/// The lines of a band, its frame and its names, and which bands a device has.
#[tactic(auto, unfolding(crate::specs::Worked::drawn_on_literals))]
pub fn bands()
    ensures values { map (λ line. line_value line (level 2 3 4))
        (Filled ∷ Mark ∷ Limit ∷ [])
        ≡ 2 ∷ 3 ∷ 4 ∷ [] }
    ensures raised { map (λ most. raised most (level 2 3 4)) (level 1 1 1 ∷ level 9 8 7 ∷ [])
        ≡ level 2 3 4 ∷ level 9 8 7 ∷ [] }
    ensures highest { map highest (level 2 3 4 ∷ level 4 3 2 ∷ level 2 4 3 ∷ []) ≡ 4 ∷ 4 ∷ 4 ∷ [] }
    ensures heights { map (level_height 128) (0 ∷ 1 ∷ 6 ∷ 8 ∷ 128 ∷ 129 ∷ [])
        ≡ 0 ∷ 2 ∷ 2 ∷ 3 ∷ 48 ∷ 48 ∷ [] }
    ensures next { map next_step (4 ∷ 4294967295 ∷ []) ≡ 5 ∷ 4294967295 ∷ [] }
    ensures path { path_text 200 4 (0 ∷ 2 ∷ 2 ∷ 4 ∷ 9 ∷ [])
        ≡ codes "M112 200M126 200V176H154V152H168V152H182" }
    ensures low { path_text 200 128 (1 ∷ 0 ∷ 1 ∷ 0 ∷ [])
        ≡ codes "M112 200M112 200V198H126V200M140 200V198H154V200M168 200" }
    ensures no_level { path_text 200 0 (1 ∷ []) ≡ codes "M112 200M112 200V198H126" }
    ensures classes { map class_text (Filled ∷ Mark ∷ Limit ∷ [])
        ≡ codes "filled" ∷ codes "mark" ∷ codes "limit" ∷ [] }
    ensures closed { map (close_text 200) (Filled ∷ Mark ∷ []) ≡ codes "V200Z" ∷ [] ∷ [] }
    ensures frame { frame_text 3 152
        ≡ codes "<path class=\"frame\" d=\"M112 152H154V200H112Z\"/>\n" }
    ensures names { map (λ band. name_text band 152) (queue_band 4 ∷ group_band 5 ∷ [])
        ≡ codes "<text x=\"4\" y=\"163\">queue 4</text>\n"
        ∷ codes "<text x=\"4\" y=\"163\">buffers 5</text>\n" ∷ [] }
    ensures peak { peak_text 5 152 ≡ codes "<text x=\"4\" y=\"189\">peak 5</text>\n" }
    ensures range { band_range_text 16 152 ≡ codes "<text x=\"4\" y=\"176\">0 to 16</text>\n" }
    ensures ends { map (lower_end 152) (48 ∷ 4294967295 ∷ []) ≡ 200 ∷ 4294967295 ∷ [] }
    ensures none { bands_text 3 152 (queue_band 0 ∷ []) [] ≡ [] }
    ensures same_place { next_top 152 (queue_band 0) [] ≡ 152 }
    ensures of_a_device { bands_of
        (record caps_of_a_drawing { queues = 2; groups = 1; engines = 3 })
        ≡ queue_band 0 ∷ queue_band 1 ∷ group_band 0 ∷ [] }
{}

/// The column of a step, with its title, and the number of every fifth.
#[tactic(auto, unfolding(crate::specs::Worked::drawn_on_literals))]
pub fn columns()
    ensures column { (levels : Vec Level Global)
        → column_text 300 2
        (record (moment_of levels (stepped event.Poll (reply.Poll Nothing)) None 0) { number = 7 })
        ≡ codes "<rect class=\"column\" x=\"140\" y=\"80\" width=\"14\" height=\"220\"><title>step "
        ++ codes "7: poll -&gt; nothing</title></rect>\n" }
    ensures fifths { map (fifth_text 300 3) (4 ∷ 5 ∷ [])
        ≡ []
        ∷ (codes "<path class=\"grid\" d=\"M154 80v220\"/>\n"
        ++ codes "<text x=\"156\" y=\"91\">5</text>\n")
        ∷ [] }
    ensures of_a_batch { (levels : Vec Level Global)
        → columns_text 300 1 (numbered 3 (moments_of_a_batch levels))
        ≡ codes "<rect class=\"column\" x=\"126\" y=\"80\" width=\"14\" height=\"220\"><title>s"
        ++ codes "tep 3: submit q0 limited movdir client 5 fill 0 bytes -&gt; accepted 0</title></"
        ++ codes "rect>\n<rect class=\"column\" x=\"140\" y=\"80\" width=\"14\" height=\"220\"><t"
        ++ codes "itle>step 4: dispatch e1 -&gt; taken 0 from 0</title></rect>\n<path class=\"gri"
        ++ codes "d\" d=\"M154 80v220\"/>\n<text x=\"156\" y=\"91\">5</text>\n<rect class=\"colu"
        ++ codes "mn\" x=\"154\" y=\"80\" width=\"14\" height=\"220\"><title>step 5: fetch e1 fil"
        ++ codes "l 0 bytes -&gt; fetched 1</title></rect>\n<rect class=\"column\" x=\"168\" y=\""
        ++ codes "80\" width=\"14\" height=\"220\"><title>step 6: start e1 -&gt; started 1</title"
        ++ codes "></rect>\n<rect class=\"column\" x=\"182\" y=\"80\" width=\"14\" height=\"220\""
        ++ codes "><title>step 7: finish e1 name 1 success -&gt; done 01</title></rect>\n" }
{}

/// The titles of columns: of devices with other numbers of queues, groups and engines, with why a
/// step was answered so, as XML has it.
#[tactic(auto, unfolding(crate::specs::Worked::drawn_on_literals))]
pub fn titles()
    ensures entities { map xml_text (codes "a -> b" ∷ codes "<&>" ∷ codes "\"'#;" ∷ [] ∷ [])
        ≡ codes "a -&gt; b" ∷ codes "&lt;&amp;&gt;" ∷ codes "\"'#;" ∷ [] ∷ [] }
    ensures beyond_ascii { xml_text (encode_utf8_all (codes "é→")) ≡ encode_utf8_all (codes "é→") }
    ensures idle { (memory : Global)
        → title_text (moment_of_a_device memory)
        ≡ codes "step 3: dispatch e1 -&gt; idle: q0 is empty" }
    ensures why_idle { part_of device_with_an_empty_queue (Ok (event.Dispatch 1))
        ≡ of_an_empty_queue }
    ensures why_idle_later { part_of device_of_a_drawing (Ok (event.Dispatch 1)) ≡ of_no_group }
    ensures completed { (memory : Global)
        → (levels : Vec Level Global)
        → title_text (moment_of_a_large_move memory levels)
        ≡ codes "step 12: finish e3 name 2 success -&gt; done 13: size 4097 is above 4096, the tra"
        ++ codes "nsfer limit of q2" }
    ensures why_completed { part_of device_of_a_large_move (answered_by end_of_a_large_move)
        ≡ of_a_large_move }
    ensures why_idle_of_two { part_of device_of_a_large_move (Ok (event.Dispatch 3))
        ≡ codes ": q0 is empty; q2 is empty" }
    ensures taken { (memory : Global)
        → step_words
        (record (moment_of_a_device memory) {
          entry = stepped (event.Dispatch 1)
              (reply.Dispatch (dispatch.Taken (record_ticket 3 6) 0));
        })
        ≡ codes "dispatch e1 -> taken 6 from 0" }
    ensures word { (memory : Global)
        → step_words (record (moment_of_a_device memory) { entry = Refused no_command })
        ≡ codes "command 0x0 -> refused 13 BadCommand: q0 is empty" }
    ensures with_names { (memory : Global)
        → map title_text
        (moment_with_names memory
        ∷ record (moment_with_names memory) { entry = idle_step 1 } ∷ [])
        ≡ codes "step 3: dispatch e1 -&gt; taken 6 from 0 [6 is a&lt;b]"
        ∷ codes "step 3: dispatch e1 -&gt; idle: q0 is empty [6 is a&lt;b]" ∷ [] }
{}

----------------------------------------

WHAT TO WORK ON:
Each line of the records that holds the word "engines" should be copied out.

FINISHED TASK:
        (record caps_of_a_drawing { queues = 2; groups = 1; engines = 3 })
/// The titles of columns: of devices with other numbers of queues, groups and engines, with why a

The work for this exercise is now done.